Incumbents apparent winners in Supes races

Yavapai County Supervisors Rowle Simmons and Craig Brown celebrate being reelected as Republicans gathered at The Palace Restaurant and Saloon for primary election results Tuesday, August 30, 2016. (Les Stukenberg/The Daily Courier)
Photo by Les Stukenberg.

Yavapai County Supervisors Rowle Simmons and Craig Brown celebrate being reelected as Republicans gathered at The Palace Restaurant and Saloon for primary election results Tuesday, August 30, 2016. (Les Stukenberg/The Daily Courier)

PRESCOTT – Three Republican incumbents in the race for the Yavapai County Board of Supervisors appeared to keep their seats in the Tuesday, Aug. 30, Primary Election, with two leading by wide margins over their challengers and a third by a tight margin.

Though Tuesday’s contest was officially a primary, because they had no opponents from other parties, should their leads hold, winners in the Republican primary will, by default, take the seats.

In District 1, incumbent Supervisor Rowle Simmons led challenger Mary Beth Hrin, 54 percent to 46 percent, or 3,219 to 2,796, as of the 9:46 p.m. update from the Elections Department.

“I’m real excited, I knew I had a lot of support,” Simmons said. “I’m 69. This my last go-round, I figure I’ll go out on top.”

In District 4, incumbent Craig Brown beat Marla Festenese 63 percent to 37 percent, 3,554 to 2,090.

Brown declared victory just after 8 p.m., when the early ballot results were released.

“I’m going to declare victory – victory over the nonsense,” Brown said. “Victory over people who should not be running, who are not qualified. Never should be running.”

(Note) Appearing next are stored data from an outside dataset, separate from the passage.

//! Whether each session's calls are submitted in their order in the script.
ghost use Rattle.std.specs.Prelude.{◌≡◌, ◌↔◌, IsTrue, option_copied, slice_get, IfOk};
ghost use Rattle.script_lang.specs.Accepted.{IsAccepted};
ghost use Rattle.mount_log.specs.Follows.{AreInOrder};
ghost use Rattle.mount_log.specs.Lines.{line_of};
ghost use Rattle.log_audit.specs.Submitted.{HasNumber};

use mount_log::{HubEvent, LineAt, Log, lines_of_sessions, take_line};
use script_lang::{CallLine, Phase, Script};
use std::alloc::{AllocError, Global};

fn phase_at(script: &Script, phase: u32) -> Option<&Phase>
    ensures { option_copied result ≡ slice_get script.now.phases phase }
{
    script.phases.as_slice().get(phase as usize)
}

fn call_in(phase: &Phase, index: u32) -> Option<&CallLine>
    ensures { option_copied result ≡ slice_get phase.now.calls index }
{
    phase.calls.as_slice().get(index as usize)
}

// The line at a place of the script.
fn line_at(script: &Script, at: LineAt) -> Option<&CallLine>
    ensures { option_copied result ≡ line_of script.now at }
{
    match phase_at(script, at.phase) {
        Some(phase) => call_in(phase, at.index),
        None => None,
    }
}

// Whether a place of the script is that of a line with this number.
fn is_line(script: &Script, at: LineAt, number: u32) -> bool
    ensures { IsTrue result ↔ HasNumber (line_of script.now at) number }
{
    match line_at(script, at) {
        Some(line) => line.line == number,
        None => false,
    }
}

/// Whether each session submits its lines in their order in the script.
///
/// # Errors
/// Out of memory.
pub fn submits_are_in_order(alloc: Global, script: &Script, log: &Log) -> Result<bool, AllocError>
    requires { IsAccepted script.now }
    ensures { IfOk result (λ yes. IsTrue yes ↔ AreInOrder script.now log.now) }
{
    let mut queues = lines_of_sessions(alloc, script)?;
    for event in log.events.as_slice() {
        let HubEvent::Submit { session, line } = event else {
            continue;
        };
        let Some(at) = take_line(&mut queues, *session) else {
            return Ok(false);
        };
        if !is_line(script, at, *line) {
            return Ok(false);
        }
    }
    Ok(true)
}
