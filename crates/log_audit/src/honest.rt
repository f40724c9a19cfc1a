//! Whether what arrived is what the bricks make of what was sent to them.
ghost use Rattle.std.specs.Prelude.{◌≡◌, ◌≤◌, ◌<◌, ◌^◌, ◌↔◌, IsTrue, true, length};
ghost use Rattle.log_audit.specs.Arriving.{AreTimely, SentInOrder};
ghost use Rattle.mount_log.specs.Heads.{heads_of};
ghost use Rattle.log_audit.specs.Honest.{IsOfBrick, IsFrom, ArrivedFrom, HasHonestArrivals, HasJournals};
ghost use Rattle.std.specs.List.{AllByRecursion};

use crate::bricks::{count_of, was_put_out, was_sent};
use crate::timely::are_timely;
use brick_machine::{Brick, outputs_are_encoded, outputs_are_in_order};
use mount_log::heads::Head;
use mount_log::{HubEvent, Log};

// Whether what arrives in an event comes from one of so many bricks.
fn is_from(event: &HubEvent, many: usize) -> bool
    ensures { IsTrue result ↔ IsFrom many event.now }
{
    match event {
        HubEvent::Arrive { brick, .. } => (*brick as usize) < many,
        _ => true,
    }
}

fn are_from(events: &[HubEvent], many: usize) -> bool
    ensures { IsTrue result ↔ AllByRecursion (IsFrom many) events.now }
{
    for event in events {
        if !is_from(event, many) {
            return false;
        }
    }
    true
}

// Whether the journal is a prefix of what was sent to the brick, and what arrived from it a prefix of its outputs.
fn is_of_brick(log: &Log, brick: u8, at: &Brick) -> bool
    ensures of_brick { IsTrue result ↔ IsOfBrick log.now brick at.now }
    ensures few { length at.now.journal < 2 ^ 64 }
{
    let journal = at.journal();
    // Its clause `few` is what is called for: a journal's length fits 64 bits.
    count_of(journal);
    if !was_sent(brick, log.sent.as_slice(), journal) {
        return false;
    }
    was_put_out(brick, log.events.as_slice(), at.outputs())
}

/// Whether each brick's journal is a prefix of what was sent to it, and what arrived comes from these bricks and is, of each, a
/// prefix of its own outputs. It is false, too, where there are more than 255 bricks.
pub fn arrivals_are_outputs(log: &Log, bricks: &[Brick]) -> bool
    ensures journals { result ≡ true → HasJournals log.now bricks.now }
    ensures arrived { result ≡ true → ArrivedFrom bricks.now log.now.events }
    ensures complete { length bricks.now ≤ 255 → HasJournals log.now bricks.now → ArrivedFrom bricks.now log.now.events → result ≡ true }
{
    if bricks.len() > 255 || !are_from(log.events.as_slice(), bricks.len()) {
        return false;
    }
    outputs_are_encoded();
    outputs_are_in_order();
    for brick in 0..bricks.len() {
        if !is_of_brick(log, brick as u8, &bricks[brick]) {
            return false;
        }
    }
    true
}

fn is_timely(log: &Log, heads: &[Head], brick: u8) -> bool
    requires { heads.now ≡ heads_of log.now.events }
    ensures sound { result ≡ true → AreTimely brick log.now.events log.now.sent }
    ensures complete { SentInOrder log.now.events log.now.sent → AreTimely brick log.now.events log.now.sent → result ≡ true }
{
    are_timely(brick, log.events.as_slice(), heads, log.sent.as_slice())
}

/// Whether arrivals that are outputs of these bricks are honest, by the heads of what arrived: whether each came after the
/// inputs that it counts. It is false, too, where there are more than 255 bricks, or what was sent is not in the order of
/// its events.
pub fn arrivals_are_honest(log: &Log, heads: &[Head], bricks: &[Brick]) -> bool
    requires heads { heads.now ≡ heads_of log.now.events }
    requires journals { HasJournals log.now bricks.now }
    requires arrived { ArrivedFrom bricks.now log.now.events }
    ensures sound { result ≡ true → HasHonestArrivals log.now }
    ensures complete { length bricks.now ≤ 255 → SentInOrder log.now.events log.now.sent → HasHonestArrivals log.now → result ≡ true }
{
    if bricks.len() > 255 {
        return false;
    }
    outputs_are_in_order();
    for brick in 0..bricks.len() {
        if !is_timely(log, heads, brick as u8) {
            return false;
        }
    }
    true
}
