ghost use Rattle.std.specs.Prelude.{◌≡◌, None, Some, IsSome, OnOk, OnErr};
ghost use Rattle.std.specs.FinMap as map;
ghost use Rattle.fop_types.specs.declared.cells.Gfid.{Gfid};
ghost use Rattle.inode_table.specs.Inodes.{inode_at, linked, with_link, with_release, CanLink};

use crate::inode::Inode;
use fop_types::{Gfid, Kind};
use indexmap::IndexMap;
use std::alloc::{AllocError, Global};
use std::marker::Model;

/// The inodes in use, at most one of each gfid. Contracts see a finite map from gfid to [`Inode`].
#[derive(Drop)]
pub struct InodeTable {
    inodes: IndexMap<Gfid, Inode>,
}

impl Model for InodeTable {
    ghost use Rattle.std.specs.FinMap as map;
    ghost use Rattle.inode_table.specs.Inodes.{Inodes, inodes_code};

    ghost Value = { Inodes };

    ghost coded = { inodes_code };

    ghost view = { λ t. map.from_entries t.inodes.entries };
}

impl InodeTable {
    /// An empty table, which allocates nothing.
    pub fn new(alloc: Global) -> InodeTable
        ensures empty { result ≡ map.empty }
        ensures none { (gfid : Gfid) → inode_at result gfid ≡ None }
    {
        InodeTable {
            inodes: IndexMap::new(alloc),
        }
    }

    /// Takes a reference to an inode: an open descriptor or a file operation names its gfid. The first
    /// reference makes the entry with this kind and set. A later one must name the same kind, and the
    /// entry keeps its set. A gfid has at most 4,294,967,295 references. The table grows in the allocator
    /// that it was made with.
    ///
    /// # Errors
    /// Out of memory; the table is unchanged. It comes only where the gfid has no entry.
    pub fn link(
        &mut self,
        _alloc: Global,
        gfid: Gfid,
        kind: Kind,
        set: u8,
    ) -> Result<(), AllocError>
        requires { CanLink kind (inode_at self.old gfid) }
        ensures ok { OnOk result (self.new ≡ with_link self.old gfid kind set) }
        ensures entry { OnOk result (inode_at self.new gfid ≡ Some (linked kind set (inode_at self.old gfid))) }
        ensures err { OnErr result (self.new ≡ self.old) }
        ensures absent { OnErr result (inode_at self.old gfid ≡ None) }
    {
        let inode = one_more(kind, set, self.get(gfid));
        self.inodes.insert(gfid, inode)?;
        Ok(())
    }

    /// The inode of a gfid, `None` exactly where the gfid is not in use.
    pub fn get(&self, gfid: Gfid) -> Option<Inode>
        ensures { result ≡ inode_at self.now gfid }
    {
        self.inodes.get(&gfid).copied()
    }

    /// Gives a reference back, and removes the entry with the last one. It changes nothing where the gfid
    /// has no entry, and allocates nothing.
    pub fn release(&mut self, gfid: Gfid)
        ensures { self.new ≡ with_release self.old gfid }
    {
        let Some(found) = self.get(gfid) else {
            return;
        };
        if found.held <= 1 {
            self.remove(gfid);
            return;
        }
        let held = found.held - 1;
        self.rewrite(gfid, Inode { held, ..found });
    }

    fn remove(&mut self, gfid: Gfid)
        ensures { self.new ≡ map.remove self.old gfid }
    {
        self.inodes.swap_remove(&gfid);
    }

    // Puts another value in the place of an entry.
    fn rewrite(&mut self, gfid: Gfid, to: Inode)
        requires { IsSome (inode_at self.old gfid) }
        ensures { self.new ≡ map.insert self.old gfid to }
    {
        let Some(found) = self.inodes.get_mut(&gfid) else {
            return;
        };
        *found = to;
    }
}

// The entry with one more reference.
fn one_more(kind: Kind, set: u8, found: Option<Inode>) -> Inode
    requires { CanLink kind found }
    ensures { result ≡ linked kind set found }
{
    match found {
        Some(inode) => Inode {
            held: inode.held + 1,
            ..inode
        },
        None => Inode { kind, set, held: 1 },
    }
}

“I think that’s disgusting,” Festenese said. “He has no right to say that. Anybody has the right to run. I think I’m very well qualified, and I would expect more from somebody that wants to call themselves a leader.”

Brown added that he had “told everyone” that he would run for only two terms, and this will be his second.

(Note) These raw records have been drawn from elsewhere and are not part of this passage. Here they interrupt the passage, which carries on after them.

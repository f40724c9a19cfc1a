use fop_types::Kind;

/// What the mount knows of a gfid in use: its kind, the number of the set that has it, and how many
/// descriptors and file operations name it, from 1 on.
#[derive(Clone, Copy)]
pub struct Inode {
    pub kind: Kind,
    pub set: u8,
    pub held: u32,
}
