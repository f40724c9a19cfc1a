//! Whether each call of a script was submitted and has one reply.
ghost use Rattle.std.specs.Prelude.{◌≡◌, ◌≤◌, true, length, IfOk};
ghost use Rattle.script_lang.specs.Accepted.{IsAccepted, calls_of};
ghost use Rattle.mount_log.specs.Follows.{AreInOrder, IsFinished};
ghost use Rattle.mount_log.specs.Logs.{submits_in};

use crate::finished::have_one_reply;
use mount_log::{HubEvent, Log};
use script_lang::{Phase, Script};
use std::alloc::{AllocError, Global};

fn count_submits(events: &[HubEvent]) -> usize
    ensures { result ≡ submits_in events.now }
{
    let mut count = 0usize;
    for event in events {
        let HubEvent::Submit { .. } = event else {
            continue;
        };
        count += 1;
    }
    count
}

fn count_calls(phases: &[Phase]) -> usize
    requires { length (calls_of phases.now) ≤ 4096 }
    ensures { result ≡ length (calls_of phases.now) }
{
    let mut count = 0usize;
    for phase in phases {
        count += phase.calls.len();
    }
    count
}

/// Whether each call of the script was submitted and has one reply, and nothing else has one, where sessions submit their
/// lines in order (`submits_are_in_order`).
///
/// # Errors
/// Out of memory.
pub fn is_finished(alloc: Global, script: &Script, log: &Log) -> Result<bool, AllocError>
    requires { IsAccepted script.now }
    ensures sound { IfOk result (λ yes. yes ≡ true → AreInOrder script.now log.now → IsFinished script.now log.now) }
    ensures complete { IfOk result (λ yes. AreInOrder script.now log.now → IsFinished script.now log.now → yes ≡ true) }
{
    let calls = count_calls(script.phases.as_slice());
    if count_submits(log.events.as_slice()) != calls {
        return Ok(false);
    }
    let one = have_one_reply(alloc, calls, log.replies.as_slice())?;
    Ok(one)
}
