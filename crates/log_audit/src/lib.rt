//! Audits of the winds, submissions, replies and arrivals of a log; and what other audits look up in one.
//!
//! ```text
//!   winds_are_balanced     the winds              each was opened once and ended once
//!   winds_are_once         the winds              each was opened once and ended at most once
//!   submits_are_in_order   the events, a script   each session submits its lines in order
//!   is_finished            the replies, a script  each call has one reply
//!   arrivals_are_outputs   what was sent and      what arrived is what the bricks put out, and their journals are what
//!                          arrived, the bricks    was sent
//!   arrivals_are_honest    the same, with the     what arrived is what the bricks make of what was sent
//!                          heads of what arrived
//! ```
//!
//! What arrived must be outputs where its heads are read (`heads` of `mount_log`), so `arrivals_are_outputs` comes first.
//!
//! Each audit goes through the log a fixed number of times, those of arrivals once more for each brick. It knows nothing of
//! how the log came about. True says that its definition holds of the log, and where that holds it says true: of winds where
//! those of a slot follow one another (`WindsFollow`), and of arrivals where there are at most 255 bricks and what was sent is
//! in the order of its events. The log of a run has these, which is not proved. A program calls them before it writes a report.
//!
//! `run_audit`, `line_audit`, `error_audit`, `change_audit` and `read_audit` have the other audits. What `run_audit` and
//! `line_audit` look up in a log is here, in the modules that are public: the calls that were submitted, with their lines, and
//! lines that can be armed. What most audits look up is in `mount_log`.
#![tactic(auto)]

pub mod armed_lines;
mod bricks;
pub mod calls_made;
mod ended;
mod finished;
mod honest;
mod slots;
mod submits;
mod timely;
mod winds;

pub use ended::is_finished;
pub use honest::{arrivals_are_honest, arrivals_are_outputs};
pub use submits::submits_are_in_order;
pub use winds::{winds_are_balanced, winds_are_once};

In District 5, current board chairman Jack Smith came out ahead of two challengers, but it was a closer race: Smith had 40 percent of the vote to Steve Irwin’s 35 percent and Harold Wise at 25 percent.

Smith said, “We’re going to move forward, we’ve got a lot of work to do. We’ve got to talk about the (possible new) jail … We’re going to work on our budget to make it as lean as possible.”

Asked if there was still room for further cuts in the county budget, he said, “I think there’s always room for adjustments in the budget, yeah. I think we can still find some cuts,” mentioning travel specifically.

In the three races, one precinct’s results remained to be tabulated. County officials were unavailable before press time Tuesday night to say how many ballots remain.